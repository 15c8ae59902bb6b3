//! Entries of tables, worked out apart from the definitions.

ghost use Rattle.std.specs.Prelude.{◌≡◌, pos, negsuc, Some, None, [], ◌∷◌, codes, true, false};
ghost use Rattle.std.specs.Str.{bytes_eq};
ghost use Rattle.toml.specs.Data.{no_members, member, integer, string, array, table, item, no_items};
ghost use Rattle.cost_table.specs.CostTables.{cost_at, one_each};
ghost use Rattle.cost_table.specs.Costs.{default_cost, told_cost};
ghost use Rattle.cost_table.specs.Documents.{entries_at, number_at, only_keys, text_at};
ghost use Rattle.cost_table.specs.Inputs.{HasRange, is_input_frame};
ghost use Rattle.cost_table.specs.RunValues.{numbers_in, told_values};
ghost use Rattle.cost_table.specs.TaskFiles.{AreInRange, IsTaskName, IsTaskRange, task_entry, tasks_in};
ghost use Rattle.cost_table.specs.Worked.{of_default, cost_of_entry, named, one_block, from_to};
ghost use Rattle.cost_table.specs.Worked.{task_entry_of, numbers_are, one_two};

/// A block of which no entry speaks costs the default, which is 1 where the file gives none; of several
/// entries of one block the last counts. A cost has 32 bits.
pub fn the_last_entry_tells_a_cost()
    ensures absent { default_cost no_members ≡ Some 1 }
    ensures told { default_cost (of_default (pos 7)) ≡ Some 7 }
    ensures greatest { default_cost (of_default (pos 4294967295)) ≡ Some 4294967295 }
    ensures too_great { default_cost (of_default (pos 4294967296)) ≡ None }
    ensures negative { default_cost (of_default (negsuc 0)) ≡ None }
    ensures silent { told_cost one_block 7 [] 0 0 ≡ 7 }
    ensures last { told_cost one_block 7
        (cost_of_entry (codes "f") (pos 0) (pos 4) ∷ cost_of_entry (codes "f") (pos 0) (pos 5) ∷ []) 0 0 ≡ 5 }
{}

/// A range has its ends among the signed and the unsigned words of the size, and no more numbers than
/// there are words.
pub fn ranges_have_the_words_of_their_size()
    ensures unsigned { HasRange (from_to (pos 0) (pos 255)) (pos 256) (pos 128) }
    ensures signed { HasRange (from_to (negsuc 127) (pos 127)) (pos 256) (pos 128) }
    ensures mixed { HasRange (from_to (negsuc 0) (pos 254)) (pos 256) (pos 128) }
    ensures too_many { HasRange (from_to (negsuc 0) (pos 255)) (pos 256) (pos 128) → ⊥ }
    ensures too_great { HasRange (from_to (pos 0) (pos 256)) (pos 256) (pos 128) → ⊥ }
    ensures too_low { HasRange (from_to (negsuc 128) (pos 0)) (pos 256) (pos 128) → ⊥ }
    ensures turned { HasRange (from_to (pos 2) (pos 1)) (pos 256) (pos 128) → ⊥ }
{}

/// Cells of inputs lie in global frames and in arguments of the root.
pub fn globals_and_arguments_are_inputs()
    ensures global { is_input_frame [] (codes "x") 3 (named None (codes "x")) ≡ true }
    ensures argument { is_input_frame (2 ∷ 3 ∷ []) (codes "x") 3 (named (Some 0) (codes "x")) ≡ true }
    ensures local { is_input_frame (2 ∷ []) (codes "x") 3 (named (Some 0) (codes "x")) ≡ false }
    ensures other { is_input_frame (3 ∷ []) (codes "x") 3 (named None (codes "y")) ≡ false }
{}

/// What stands at a key has the kind that is wanted there; entries are tables in a row, and none where their key
/// is absent.
pub fn keys_have_their_kinds()
    ensures number { number_at (codes "k")
        (member (codes "j") (integer (pos 1)) (member (codes "k") (integer (pos 2)) no_members)) ≡ Some (pos 2) }
    ensures no_number { number_at (codes "k") (member (codes "k") (string (codes "2")) no_members) ≡ None }
    ensures text { text_at (codes "k") (member (codes "k") (string (codes "2")) no_members) ≡ Some (codes "2") }
    ensures absent { entries_at (codes "e") (member (codes "k") (integer (pos 1)) no_members) ≡ Some [] }
    ensures tables { entries_at (codes "e")
        (member (codes "e") (array (item (table no_members) (item (table no_members) no_items))) no_members)
        ≡ Some (table no_members ∷ table no_members ∷ []) }
    ensures no_table { entries_at (codes "e")
        (member (codes "e") (array (item (table no_members) (item (integer (pos 1)) no_items))) no_members) ≡ None }
    ensures all_keys { only_keys (bytes_eq (codes "k"))
        (member (codes "k") (integer (pos 1)) (member (codes "j") (integer (pos 1)) no_members)) ≡ false }
{}

/// Every block costs 1 where no file is named, and what is not in a table costs as the others.
pub fn blocks_cost_what_the_table_says()
    ensures one { cost_at one_each 3 4 ≡ 1 }
    ensures told { cost_at (record { rows = (5 ∷ []) ∷ (6 ∷ 7 ∷ []) ∷ []; others = 9 }) 1 0 ≡ 6 }
    ensures others { cost_at (record { rows = (5 ∷ []) ∷ (6 ∷ 7 ∷ []) ∷ []; others = 9 }) 0 1 ≡ 9 }
{}

/// Each number of an entry of tasks is the one of its key. A deadline is at most the period, and no two tasks have one
/// priority.
pub fn tasks_have_the_numbers_of_their_keys()
    ensures entry { task_entry (task_entry_of (codes "t") (pos 2) (pos 7) (pos 5) (pos 3))
        ≡ Some (codes "t", numbers_are (pos 2) (pos 7) (pos 5) (pos 3)) }
    ensures task { tasks_in (task_entry_of (codes "t") (pos 2) (pos 7) (pos 5) (pos 3) ∷ [])
        ≡ record { name = codes "t"; cost = 2; period = 7; deadline = 5; priority = 3 } ∷ [] }
    ensures order { tasks_in (task_entry_of (codes "t") (pos 1) (pos 4) (pos 4) (pos 9)
        ∷ task_entry_of (codes "u") (pos 2) (pos 6) (pos 5) (pos 0) ∷ [])
        ≡ record { name = codes "t"; cost = 1; period = 4; deadline = 4; priority = 9 }
        ∷ record { name = codes "u"; cost = 2; period = 6; deadline = 5; priority = 0 } ∷ [] }
    ensures missing { task_entry (table (member (codes "cost") (integer (pos 2)) no_members)) ≡ None }
    ensures equal { AreInRange (numbers_are (pos 1) (pos 4) (pos 4) (pos 0)) }
    ensures late { AreInRange (numbers_are (pos 1) (pos 4) (pos 5) (pos 0)) → ⊥ }
    ensures no_cost { AreInRange (numbers_are (pos 0) (pos 4) (pos 4) (pos 0)) → ⊥ }
    ensures taken { IsTaskRange (record { name = codes "t"; cost = 1; period = 4; deadline = 4; priority = 3 } ∷ [])
        (codes "u", numbers_are (pos 1) (pos 4) (pos 4) (pos 3)) → ⊥ }
{}

/// A name of a task has printed characters of ASCII: a blank may stand in it, and no quotation mark, no backslash, no
/// line feed and nothing past 126.
pub fn names_of_tasks_are_printed()
    ensures blank { IsTaskName (97 ∷ 32 ∷ 126 ∷ []) }
    ensures quotation_mark { IsTaskName (97 ∷ 34 ∷ []) → ⊥ }
    ensures backslash { IsTaskName (97 ∷ 92 ∷ []) → ⊥ }
    ensures line_feed { IsTaskName (97 ∷ 10 ∷ []) → ⊥ }
    ensures delete { IsTaskName (97 ∷ 127 ∷ []) → ⊥ }
    ensures empty { IsTaskName [] → ⊥ }
{}

/// The values of a run are the numbers of the array at `values`, in its order, where only `values` stands at the top and
/// all are whole numbers.
pub fn values_stand_in_their_order()
    ensures order { numbers_in one_two ≡ Some (pos 1 ∷ pos 2 ∷ []) }
    ensures told { told_values (member (codes "values") one_two no_members) ≡ Some (pos 1 ∷ pos 2 ∷ []) }
    ensures text { numbers_in (array (item (integer (pos 1)) (item (string (codes "2")) no_items))) ≡ None }
    ensures more { told_values (member (codes "values") one_two (member (codes "x") (integer (pos 1)) no_members))
        ≡ None }
    ensures absent { told_values no_members ≡ None }
{}
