//! The document that bytes are.

ghost use Rattle.std.specs.Prelude.{◌≡◌, ◌≢◌, IfOk, IfErr};
ghost use Rattle.toml.specs.Data.{Members};
ghost use Rattle.toml.specs.View.{table_view};
ghost use Rattle.cost_table.specs.Documents.{IsDocument};
ghost use Rattle.cost_table.specs.declared.fault.TableFault.TheVariants.{Toml, Memory};

use crate::fault::TableFault;
use std::alloc::Global;
use toml::Table;

// The document's table.
pub fn document(alloc: Global, bytes: &[u8]) -> Result<Table, TableFault>
    ensures read { IfOk result (λ table. IsDocument bytes.now (table_view table)) }
    ensures refused { IfErr result
        (λ fault. fault ≢ Memory → (fault ≡ Toml) × ((ms : Members) → ¬ IsDocument bytes.now ms)) }
{
    match toml::table_from_slice(alloc, bytes) {
        Ok(table) => Ok(table),
        Err(error) if error.is_memory() => Err(TableFault::Memory),
        Err(_) => Err(TableFault::Toml),
    }
}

★ ★ ★ ★ ★ ★ ★

#### What to work on:
Using the records above, list each line that includes "string".

#### Response to this exercise:
ghost use Rattle.toml.specs.Data.{no_members, member, integer, string, array, table, item, no_items};
    ensures no_number { number_at (codes "k") (member (codes "k") (string (codes "2")) no_members) ≡ None }
    ensures text { text_at (codes "k") (member (codes "k") (string (codes "2")) no_members) ≡ Some (codes "2") }
    ensures text { numbers_in (array (item (integer (pos 1)) (item (string (codes "2")) no_items))) ≡ None }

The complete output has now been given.